§ WHAT TO PRODUCE:
Write out the data exactly, every line included.

Segment Start: THE INPUT

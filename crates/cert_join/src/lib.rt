//! One certificate of several of the same problem.
//!
//! The certificates are followed line by line, side by side ([`Joiner`]). Where one leaves its state open or stuck, the tree
//! that another has there is taken; where several have different trees of one place, the first that leaves nothing is, or
//! else the first. The lemmas of all are kept, equal ones once, with numbers of their own. A point wins.
//!
//! The main call is [`join`]: it reads the certificates at any place, so that none is held whole, and gives what is joined
//! to a checker as it is written. What it promises is that: the checker took exactly the bytes that stand in the draft;
//! of covers, they are what joins them, or there is none for other headers, too many lemmas or a fault of what joins them.
//! A line that no accepted certificate has stops nothing: that one was there is told, so that the caller looks for it.
#![tactic(auto)]

mod cursor;
mod drafting;
mod heads;
mod joiner;
mod lemmas;
mod line;
mod numbering;
mod stop;
mod trees;
mod weighing;

pub use drafting::{Joined, join};
pub use stop::Stop;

Segment End: THE INPUT

§ TASK ANSWER:
filename crates/cert_join/src/lib.rt
//! One certificate of several of the same problem.
//!
//! The certificates are followed line by line, side by side ([`Joiner`]). Where one leaves its state open or stuck, the tree
//! that another has there is taken; where several have different trees of one place, the first that leaves nothing is, or
//! else the first. The lemmas of all are kept, equal ones once, with numbers of their own. A point wins.
//!
//! The main call is [`join`]: it reads the certificates at any place, so that none is held whole, and gives what is joined
//! to a checker as it is written. What it promises is that: the checker took exactly the bytes that stand in the draft;
//! of covers, they are what joins them, or there is none for other headers, too many lemmas or a fault of what joins them.
//! A line that no accepted certificate has stops nothing: that one was there is told, so that the caller looks for it.
#![tactic(auto)]

mod cursor;
mod drafting;
mod heads;
mod joiner;
mod lemmas;
mod line;
mod numbering;
mod stop;
mod trees;
mod weighing;

pub use drafting::{Joined, join};
pub use stop::Stop;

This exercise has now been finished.